Catastrophic forgetting destroys a fine-tuned model's general capabilities — it becomes an idiot savant
devtoolsdevtools0 views
You fine-tune GPT-3.5 on 10K legal contract reviews. The fine-tuned model is excellent at contract review — much better than base GPT-3.5. You then ask it to write a simple email. It writes the email in the format of a contract review, with 'WHEREAS' and 'HEREBY' language. You ask it a basic math question. It fails. You ask it to summarize a news article. It formats the summary as a contract clause. The model forgot how to do everything except contract review. This is catastrophic forgetting: fine-tuning on domain-specific data overwrites the general knowledge stored in the model's weights. So what? You now have a model that is great at one task and terrible at everything else. If your application needs the model to do contract review AND answer general questions AND draft emails, you must either: (a) use the base model (worse at contracts), (b) use the fine-tuned model (worse at everything else), or (c) maintain two models and route queries between them (complex and expensive). Most fine-tuning projects hit this trade-off: the more you specialize, the more you lose. The sweet spot between specialization and generalization depends on your data, training duration, and learning rate — all discovered through expensive experimentation. Why does this persist?
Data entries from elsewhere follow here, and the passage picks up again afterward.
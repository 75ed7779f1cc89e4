ghost use Rattle.std.specs.Prelude.{◌≡◌, [], Some, None, Ok, map};
ghost use Rattle.std.specs.Prelude.{pos, codes, is_some, ◌||◌};
ghost use Rattle.std.specs.Prelude.{false};
ghost use Rattle.serde_json.specs.View.{view};
ghost use Rattle.serde_json.specs.Find.{get};
ghost use Rattle.cs_json.specs.Gives.{Gives};
ghost use Rattle.cs_json.specs.Shape.{text, whole_number, list_as, member_as};
ghost use Rattle.cs_json.specs.Shape.{member_or_default, member_or_none, object_with};
ghost use Rattle.cs_history.specs.declared.mode.Mode.TheVariants.{Plain};
ghost use Rattle.cs_decl.specs.Shape.{mode_named, mode_of, note_of, group_of, line_name_of};
ghost use Rattle.cs_decl.specs.Shape.{when_of, guess_of};
ghost use Rattle.cs_decl.specs.Shape.{cron_of, anacron_of, default_of, left_out_of, terms_of};
ghost use Rattle.cs_decl.specs.Shape.{entries_of, is_group_member, is_cron_member};
ghost use Rattle.cs_decl.specs.Shape.{is_anacron_member, is_default_member, is_left_out_member};
ghost use Rattle.cs_decl.specs.Shape.{is_member, is_part_member, part_of};
ghost use Rattle.cs_decl.specs.declared.entries.LineName.{LineName};
ghost use Rattle.cs_decl.specs.declared.entries.GroupEntry.{GroupEntry};
ghost use Rattle.cs_decl.specs.declared.entries.CronEntry.{CronEntry};
ghost use Rattle.cs_decl.specs.declared.entries.PartEntry.{PartEntry};
ghost use Rattle.cs_decl.specs.declared.entries.AnacronEntry.{AnacronEntry};
ghost use Rattle.cs_decl.specs.declared.entries.DefaultEntry.{DefaultEntry};
ghost use Rattle.cs_decl.specs.declared.entries.Entries.{Entries};

use crate::entries::{
    AnacronEntry, CronEntry, DefaultEntry, Entries, GroupEntry, LineName, PartEntry,
};
use crate::when::named_when;
use cs_civil::{Bytes, Sequence};
use cs_crontab::When;
use cs_history::Mode;
use cs_json::{BAD_SHAPE, FromJson, Misread, member, member_if_there, member_or, only_members};
use serde_json::Value;
use std::alloc::Global;

// ---- members that more than one entry has

fn text_member(alloc: Global, value: &Value, name: &str) -> Result<Bytes, Misread>
    ensures { Gives (λ b. b) result (member_as text name.now (view value.now)) }
{
    let text: String = member(alloc, value, name)?;
    Ok(Bytes::from_vec(text.into_bytes()))
}

fn text_if_there(alloc: Global, value: &Value, name: &str) -> Result<Option<Bytes>, Misread>
    ensures { Gives (λ b. b) result (member_or_none text name.now (view value.now)) }
{
    match value.get(name) {
        Some(_) => Ok(Some(text_member(alloc, value, name)?)),
        None => Ok(None),
    }
}

/// Passes over a note, which is for people: any text will do.
fn pass_note(value: &Value) -> Result<(), Misread>
    ensures { Gives (λ u. u) result (note_of (view value.now)) }
{
    let Some(note) = value.get("note") else {
        return Ok(());
    };
    match note.as_str() {
        Some(_) => Ok(()),
        None => Err(BAD_SHAPE),
    }
}

fn list_member<T: FromJson>(
    alloc: Global,
    value: &Value,
    name: &str,
) -> Result<Sequence<T>, Misread>
    ensures { Gives (map T.seen) result
        (member_or_default (list_as T.shape) [] name.now (view value.now)) }
{
    let items: Vec<T> = member_or(alloc, value, name, Vec::new(alloc))?;
    Ok(Sequence::from_vec(items))
}

fn weight_member(alloc: Global, value: &Value) -> Result<i128, Misread>
    ensures { Gives (λ w. w) result
        (member_or_default whole_number (pos 1) (codes "weight") (view value.now)) }
{
    member_or(alloc, value, "weight", 1)
}

fn when_if_there(alloc: Global, value: &Value) -> Result<Option<When>, Misread>
    ensures { Gives (λ w. w) result (member_or_none when_of (codes "when") (view value.now)) }
{
    let Some(found) = value.get("when") else {
        return Ok(None);
    };
    let Some(text) = found.as_str() else {
        return Err(BAD_SHAPE);
    };
    match named_when(alloc, text)? {
        Some(when) => Ok(Some(when)),
        None => Err(BAD_SHAPE),
    }
}

fn guess_member(alloc: Global, value: &Value) -> Result<bool, Misread>
    ensures { Gives (λ g. g) result (guess_of (view value.now)) }
{
    member_or(alloc, value, "guess", false)
}

/// `BadShape` if there is neither number nor command.
#[tactic(auto, unfolding(crate::specs::Shape::line_name_of))]
fn line_name(alloc: Global, value: &Value) -> Result<LineName, Misread>
    ensures { Gives (λ n. n) result (line_name_of (view value.now)) }
{
    let number: Option<i128> = member_if_there(alloc, value, "line")?;
    let command = text_if_there(alloc, value, "command")?;
    if number.is_none() && command.is_none() {
        return Err(BAD_SHAPE);
    }
    let when = when_if_there(alloc, value)?;
    Ok(LineName {
        number,
        command,
        when,
    })
}

fn named_mode(name: &str) -> Option<Mode>
    ensures { result ≡ mode_named name.now }
{
    match name {
        "none" => Some(Mode::Plain),
        "skip" => Some(Mode::Skip),
        "try" => Some(Mode::Try),
        "wait" => Some(Mode::Wait),
        "shared" => Some(Mode::Shared),
        _ => None,
    }
}

fn mode_member(value: &Value) -> Result<Mode, Misread>
    ensures { Gives (λ m. m) result
        (member_or_default mode_of Plain (codes "mode") (view value.now)) }
{
    let Some(mode) = value.get("mode") else {
        return Ok(Mode::Plain);
    };
    match mode.as_str() {
        Some(name) => named_mode(name).ok_or(BAD_SHAPE),
        None => Err(BAD_SHAPE),
    }
}

// ---- entries

#[tactic(auto, unfolding(crate::specs::Shape::is_group_member))]
fn group_object(value: &Value) -> Result<(), Misread>
    ensures { Gives (λ u. u) result (object_with is_group_member (view value.now)) }
{
    only_members(value, ["exclusive", "name", "note"].as_slice())
}

#[tactic(auto, unfolding(crate::specs::Shape::group_of))]
impl FromJson for GroupEntry {
    ghost Seen = { GroupEntry };

    ghost seen = { λ e. e };

    ghost shape = { group_of };

    fn from_json(alloc: Global, value: &Value) -> Result<GroupEntry, Misread> {
        group_object(value)?;
        pass_note(value)?;
        Ok(GroupEntry {
            name: text_member(alloc, value, "name")?,
            exclusive: member(alloc, value, "exclusive")?,
        })
    }
}

#[tactic(auto, unfolding(crate::specs::Shape::is_cron_member))]
fn cron_object(value: &Value) -> Result<(), Misread>
    ensures { Gives (λ u. u) result (object_with is_cron_member (view value.now)) }
{
    only_members(
        value,
        [
            "command", "group", "guess", "line", "max", "mode", "name", "note", "parts", "weight",
            "when",
        ]
        .as_slice(),
    )
}

#[tactic(auto, unfolding(crate::specs::Shape::cron_of))]
impl FromJson for CronEntry {
    ghost Seen = { CronEntry };

    ghost seen = { λ e. e };

    ghost shape = { cron_of };

    fn from_json(alloc: Global, value: &Value) -> Result<CronEntry, Misread> {
        cron_object(value)?;
        pass_note(value)?;
        Ok(CronEntry {
            name: line_name(alloc, value)?,
            max: member(alloc, value, "max")?,
            weight: weight_member(alloc, value)?,
            group: text_if_there(alloc, value, "group")?,
            mode: mode_member(value)?,
            parts: list_member(alloc, value, "parts")?,
            guess: guess_member(alloc, value)?,
            label: text_if_there(alloc, value, "name")?,
        })
    }
}

#[tactic(auto, unfolding(crate::specs::Shape::is_part_member))]
fn part_object(value: &Value) -> Result<(), Misread>
    ensures { Gives (λ u. u) result (object_with is_part_member (view value.now)) }
{
    only_members(value, ["max", "name", "note"].as_slice())
}

#[tactic(auto, unfolding(crate::specs::Shape::part_of))]
impl FromJson for PartEntry {
    ghost Seen = { PartEntry };

    ghost seen = { λ e. e };

    ghost shape = { part_of };

    fn from_json(alloc: Global, value: &Value) -> Result<PartEntry, Misread> {
        part_object(value)?;
        pass_note(value)?;
        Ok(PartEntry {
            name: text_member(alloc, value, "name")?,
            max: member(alloc, value, "max")?,
        })
    }
}

#[tactic(auto, unfolding(crate::specs::Shape::is_anacron_member))]
fn anacron_object(value: &Value) -> Result<(), Misread>
    ensures { Gives (λ u. u) result (object_with is_anacron_member (view value.now)) }
{
    only_members(
        value,
        ["group", "guess", "id", "max", "mode", "note", "weight"].as_slice(),
    )
}

#[tactic(auto, unfolding(crate::specs::Shape::anacron_of))]
impl FromJson for AnacronEntry {
    ghost Seen = { AnacronEntry };

    ghost seen = { λ e. e };

    ghost shape = { anacron_of };

    fn from_json(alloc: Global, value: &Value) -> Result<AnacronEntry, Misread> {
        anacron_object(value)?;
        pass_note(value)?;
        Ok(AnacronEntry {
            identifier: text_member(alloc, value, "id")?,
            max: member(alloc, value, "max")?,
            weight: weight_member(alloc, value)?,
            group: text_if_there(alloc, value, "group")?,
            has_mode: value.get("mode").is_some(),
            guess: guess_member(alloc, value)?,
        })
    }
}

// ---- jobs without an entry, and lines that are left out

#[tactic(auto, unfolding(crate::specs::Shape::is_default_member))]
fn default_object(value: &Value) -> Result<(), Misread>
    ensures { Gives (λ u. u) result (object_with is_default_member (view value.now)) }
{
    only_members(value, ["max", "note", "weight"].as_slice())
}

#[tactic(auto, unfolding(crate::specs::Shape::default_of))]
impl FromJson for DefaultEntry {
    ghost Seen = { DefaultEntry };

    ghost seen = { λ e. e };

    ghost shape = { default_of };

    fn from_json(alloc: Global, value: &Value) -> Result<DefaultEntry, Misread> {
        default_object(value)?;
        pass_note(value)?;
        Ok(DefaultEntry {
            max: member(alloc, value, "max")?,
            weight: weight_member(alloc, value)?,
        })
    }
}

#[tactic(auto, unfolding(crate::specs::Shape::is_left_out_member))]
fn left_out_object(value: &Value) -> Result<(), Misread>
    ensures { Gives (λ u. u) result (object_with is_left_out_member (view value.now)) }
{
    only_members(value, ["command", "line", "note", "when"].as_slice())
}

/// An entry of `left_out`.
#[tactic(auto, unfolding(crate::specs::Shape::left_out_of))]
impl FromJson for LineName {
    ghost Seen = { LineName };

    ghost seen = { λ n. n };

    ghost shape = { left_out_of };

    fn from_json(alloc: Global, value: &Value) -> Result<LineName, Misread> {
        left_out_object(value)?;
        pass_note(value)?;
        line_name(alloc, value)
    }
}

// ---- all members

#[tactic(auto, unfolding(crate::specs::Shape::is_member))]
fn whole_object(value: &Value) -> Result<(), Misread>
    ensures { Gives (λ u. u) result (object_with is_member (view value.now)) }
{
    only_members(
        value,
        [
            "anacron", "capacity", "cron", "default", "groups", "hours", "left_out", "note",
            "offset", "pass", "zone",
        ]
        .as_slice(),
    )
}

#[derive(Drop)]
struct Terms {
    capacity: i128,
    offset: i128,
    zone: Option<Bytes>,
    hours: (i128, i128),
    pass: Option<i128>,
    default: Option<DefaultEntry>,
}

/// `BadShape` if there are both a zone and an offset.
#[tactic(auto, unfolding(crate::specs::Shape::terms_of))]
fn terms_of(alloc: Global, value: &Value) -> Result<Terms, Misread>
    ensures { Gives (λ t. t) result (terms_of (view value.now)) }
{
    if value.get("zone").is_some() && value.get("offset").is_some() {
        return Err(BAD_SHAPE);
    }
    Ok(Terms {
        capacity: member(alloc, value, "capacity")?,
        offset: member_or(alloc, value, "offset", 0)?,
        zone: text_if_there(alloc, value, "zone")?,
        hours: member_or(alloc, value, "hours", (0, 1_440))?,
        pass: member_if_there(alloc, value, "pass")?,
        default: member_if_there(alloc, value, "default")?,
    })
}

#[tactic(auto, unfolding(crate::specs::Shape::entries_of))]
impl FromJson for Entries {
    ghost Seen = { Entries };

    ghost seen = { λ e. e };

    ghost shape = { entries_of };

    fn from_json(alloc: Global, value: &Value) -> Result<Entries, Misread> {
        whole_object(value)?;
        pass_note(value)?;
        let terms = terms_of(alloc, value)?;
        Ok(Entries {
            capacity: terms.capacity,
            offset: terms.offset,
            zone: terms.zone,
            hours: terms.hours,
            pass: terms.pass,
            default: terms.default,
            groups: list_member(alloc, value, "groups")?,
            cron: list_member(alloc, value, "cron")?,
            anacron: list_member(alloc, value, "anacron")?,
            left_out: list_member(alloc, value, "left_out")?,
            doubled: None,
        })
    }
}
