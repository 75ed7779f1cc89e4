//! Decides whether the parts of a command make it up.
ghost use Rattle.std.specs.Prelude.{◌≡◌, IfOk, false, position};
ghost use Rattle.std.specs.List.{list_any};
ghost use Rattle.cs_decl.specs.Faults.{are_bad, has_bad_parts, is_bad_max, minutes_of};

use crate::entries::{CronEntry, PartEntry};
use crate::rows::is_bad_max;
use crate::twice::first_twice;
use std::alloc::{AllocError, Global};

fn have_bad_max(parts: &[PartEntry]) -> bool
    ensures { result ≡ list_any (λ p. is_bad_max p.max) parts.now }
{
    parts.iter().any(|part| is_bad_max(part.max))
}

fn minutes_of(parts: &[PartEntry]) -> u128
    requires { list_any (λ p. is_bad_max p.max) parts.now ≡ false }
    ensures { result ≡ minutes_of parts.now }
{
    let mut minutes = 0;
    for (i, part) in parts.iter().enumerate() {
        minutes += part.max.unsigned_abs();
    }
    minutes
}

fn are_bad(alloc: Global, max: i128, parts: &[PartEntry]) -> Result<bool, AllocError>
    ensures { IfOk result (λ b. b ≡ are_bad max parts.now) }
{
    if first_twice(alloc, parts)?.is_some() || have_bad_max(parts) {
        return Ok(true);
    }
    Ok(max < 0 || max.unsigned_abs() < minutes_of(parts))
}

fn has_bad_parts(alloc: Global, entry: &CronEntry) -> Result<bool, AllocError>
    ensures { IfOk result (λ b. b ≡ has_bad_parts entry.now) }
{
    if entry.parts.is_empty() {
        return Ok(false);
    }
    are_bad(alloc, entry.max, entry.parts.as_slice())
}

pub(crate) fn first_with_bad_parts(
    alloc: Global,
    cron: &[CronEntry],
) -> Result<Option<usize>, AllocError>
    ensures { IfOk result (λ o. o ≡ position has_bad_parts cron.now) }
{
    for (i, entry) in cron.iter().enumerate() {
        if has_bad_parts(alloc, entry)? {
            return Ok(Some(i));
        }
    }
    Ok(None)
}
Catastrophic forgetting is a fundamental property of neural network gradient updates — new gradients overwrite old knowledge. Techniques to mitigate it exist (elastic weight consolidation, replay buffers, low learning rates, short training) but none eliminate it. LoRA partially addresses this by keeping most weights frozen, but even LoRA can cause forgetting if rank is too high or training is too long.
Evidence
Catastrophic forgetting documented in Kirkpatrick et al. (2017) 'Overcoming catastrophic forgetting in neural networks.' OpenAI fine-tuning docs warn about forgetting but provide no mitigation guidance. LoRA reduces but does not eliminate forgetting (see QLoRA ablation studies). No fine-tuning framework provides automated forgetting detection — users discover it during evaluation.